'''

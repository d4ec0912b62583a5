//! What the program did wrong, where that can be seen.

use crate::console::Console;
use crate::page::word_at;
use crate::views::COUNTER;
use execution::{Fault, Use, Verb, fault_text};
use image::FIRST_ADDRESS;
use rv32i::{Imm, Instr, Reg, decode};
use std::alloc::AllocError;

/// The number of a7, which says what an ECALL asks for.
const CALL: u32 = 17;

impl Console {
    /// Says what the program did wrong that an exception of this name came of, if that can be seen.
    pub(crate) fn say_fault(&mut self, name: &str) -> Result<(), AllocError> {
        let Some(pc) = self.link.mirror().register(COUNTER) else {
            return Ok(());
        };
        let word = self.word(pc)?;
        let Some(fault) = self.fault(name, pc, word) else {
            return Ok(());
        };
        let words = fault_text(self.alloc, fault, pc, word.unwrap_or(0))?;
        self.say(": ")?;
        self.say(words.as_str())
    }

    /// The word at an address, if memory has one.
    fn word(&mut self, address: u32) -> Result<Option<u32>, AllocError> {
        if !self.has_word(address)? {
            return Ok(None);
        }
        match word_at(self.link.mirror(), address) {
            Some((first, second, third, fourth)) => {
                Ok(Some(u32::from_le_bytes([first, second, third, fourth])))
            }
            None => Ok(None),
        }
    }

    fn fault(&self, name: &str, pc: u32, word: Option<u32>) -> Option<Fault> {
        let Some(word) = word else {
            return if name == "instruction access fault" {
                Some(Fault::WentOutside)
            } else {
                None
            };
        };
        if self.is_written_over(pc, word) {
            return Some(Fault::WroteOver);
        }
        match name {
            "illegal instruction" => self.fault_of_illegal(pc),
            "unknown environment call" => {
                Some(Fault::UnknownCall(self.link.mirror().register(CALL)?))
            }
            "load access fault" | "store access fault" => Some(Fault::Outside(self.used(word)?)),
            "load address misaligned" | "store address misaligned" => {
                Some(Fault::Misaligned(self.used(word)?))
            }
            _ => None,
        }
    }

    // Of a word that is illegal and that nothing was written over.
    fn fault_of_illegal(&self, pc: u32) -> Option<Fault> {
        let size = self.image.as_ref()?.bytes.as_slice().len();
        if size == 0 {
            return Some(Fault::Empty);
        }
        if pc as usize == (FIRST_ADDRESS as usize).saturating_add(size) {
            Some(Fault::RanPastEnd)
        } else {
            Some(Fault::NotCode)
        }
    }

    // Whether a line's code stands at an address, and another word was there in the beginning.
    fn is_written_over(&self, address: u32, word: u32) -> bool {
        let Some(image) = &self.image else {
            return false;
        };
        if image.lines.line_of(address).is_none() || address < FIRST_ADDRESS {
            return false;
        }
        let index = (address - FIRST_ADDRESS) as usize;
        match image.bytes.as_slice().get(index..index.saturating_add(4)) {
            Some(bytes) => bytes != word.to_le_bytes().as_slice(),
            None => false,
        }
    }

    // The address that a load or a store uses, and how.
    fn used(&self, word: u32) -> Option<Use> {
        let (verb, unit, base, offset) = place_of(decode(word)?)?;
        let base = self.link.mirror().register(base.number() as u32)?;
        Some(Use {
            verb,
            address: base.wrapping_add(offset.bits()),
            unit,
        })
    }
}

// What a load or a store does, with how many bytes, and its base and offset.
fn place_of(instr: Instr) -> Option<(Verb, u32, Reg, Imm)> {
    match instr {
        Instr::Lb { rs1, imm, .. } => Some((Verb::Reads, 1, rs1, imm)),
        Instr::Lh { rs1, imm, .. } => Some((Verb::Reads, 2, rs1, imm)),
        Instr::Lw { rs1, imm, .. } => Some((Verb::Reads, 4, rs1, imm)),
        Instr::Lbu { rs1, imm, .. } => Some((Verb::Reads, 1, rs1, imm)),
        Instr::Lhu { rs1, imm, .. } => Some((Verb::Reads, 2, rs1, imm)),
        Instr::Sb { rs1, imm, .. } => Some((Verb::Writes, 1, rs1, imm)),
        Instr::Sh { rs1, imm, .. } => Some((Verb::Writes, 2, rs1, imm)),
        Instr::Sw { rs1, imm, .. } => Some((Verb::Writes, 4, rs1, imm)),
        _ => None,
    }
}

'''

> [Try it]:
Print the full listing again, word for word.

> [Solution for this task]:
repository d4ec0912b62583a5
//! What the program did wrong, where that can be seen.

use crate::console::Console;
use crate::page::word_at;
use crate::views::COUNTER;
use execution::{Fault, Use, Verb, fault_text};
use image::FIRST_ADDRESS;
use rv32i::{Imm, Instr, Reg, decode};
use std::alloc::AllocError;

/// The number of a7, which says what an ECALL asks for.
const CALL: u32 = 17;

impl Console {
    /// Says what the program did wrong that an exception of this name came of, if that can be seen.
    pub(crate) fn say_fault(&mut self, name: &str) -> Result<(), AllocError> {
        let Some(pc) = self.link.mirror().register(COUNTER) else {
            return Ok(());
        };
        let word = self.word(pc)?;
        let Some(fault) = self.fault(name, pc, word) else {
            return Ok(());
        };
        let words = fault_text(self.alloc, fault, pc, word.unwrap_or(0))?;
        self.say(": ")?;
        self.say(words.as_str())
    }

    /// The word at an address, if memory has one.
    fn word(&mut self, address: u32) -> Result<Option<u32>, AllocError> {
        if !self.has_word(address)? {
            return Ok(None);
        }
        match word_at(self.link.mirror(), address) {
            Some((first, second, third, fourth)) => {
                Ok(Some(u32::from_le_bytes([first, second, third, fourth])))
            }
            None => Ok(None),
        }
    }

    fn fault(&self, name: &str, pc: u32, word: Option<u32>) -> Option<Fault> {
        let Some(word) = word else {
            return if name == "instruction access fault" {
                Some(Fault::WentOutside)
            } else {
                None
            };
        };
        if self.is_written_over(pc, word) {
            return Some(Fault::WroteOver);
        }
        match name {
            "illegal instruction" => self.fault_of_illegal(pc),
            "unknown environment call" => {
                Some(Fault::UnknownCall(self.link.mirror().register(CALL)?))
            }
            "load access fault" | "store access fault" => Some(Fault::Outside(self.used(word)?)),
            "load address misaligned" | "store address misaligned" => {
                Some(Fault::Misaligned(self.used(word)?))
            }
            _ => None,
        }
    }

    // Of a word that is illegal and that nothing was written over.
    fn fault_of_illegal(&self, pc: u32) -> Option<Fault> {
        let size = self.image.as_ref()?.bytes.as_slice().len();
        if size == 0 {
            return Some(Fault::Empty);
        }
        if pc as usize == (FIRST_ADDRESS as usize).saturating_add(size) {
            Some(Fault::RanPastEnd)
        } else {
            Some(Fault::NotCode)
        }
    }

    // Whether a line's code stands at an address, and another word was there in the beginning.
    fn is_written_over(&self, address: u32, word: u32) -> bool {
        let Some(image) = &self.image else {
            return false;
        };
        if image.lines.line_of(address).is_none() || address < FIRST_ADDRESS {
            return false;
        }
        let index = (address - FIRST_ADDRESS) as usize;
        match image.bytes.as_slice().get(index..index.saturating_add(4)) {
            Some(bytes) => bytes != word.to_le_bytes().as_slice(),
            None => false,
        }
    }

    // The address that a load or a store uses, and how.
    fn used(&self, word: u32) -> Option<Use> {
        let (verb, unit, base, offset) = place_of(decode(word)?)?;
        let base = self.link.mirror().register(base.number() as u32)?;
        Some(Use {
            verb,
            address: base.wrapping_add(offset.bits()),
            unit,
        })
    }
}

// What a load or a store does, with how many bytes, and its base and offset.
fn place_of(instr: Instr) -> Option<(Verb, u32, Reg, Imm)> {
    match instr {
        Instr::Lb { rs1, imm, .. } => Some((Verb::Reads, 1, rs1, imm)),
        Instr::Lh { rs1, imm, .. } => Some((Verb::Reads, 2, rs1, imm)),
        Instr::Lw { rs1, imm, .. } => Some((Verb::Reads, 4, rs1, imm)),
        Instr::Lbu { rs1, imm, .. } => Some((Verb::Reads, 1, rs1, imm)),
        Instr::Lhu { rs1, imm, .. } => Some((Verb::Reads, 2, rs1, imm)),
        Instr::Sb { rs1, imm, .. } => Some((Verb::Writes, 1, rs1, imm)),
        Instr::Sh { rs1, imm, .. } => Some((Verb::Writes, 2, rs1, imm)),
        Instr::Sw { rs1, imm, .. } => Some((Verb::Writes, 4, rs1, imm)),
        _ => None,
    }
}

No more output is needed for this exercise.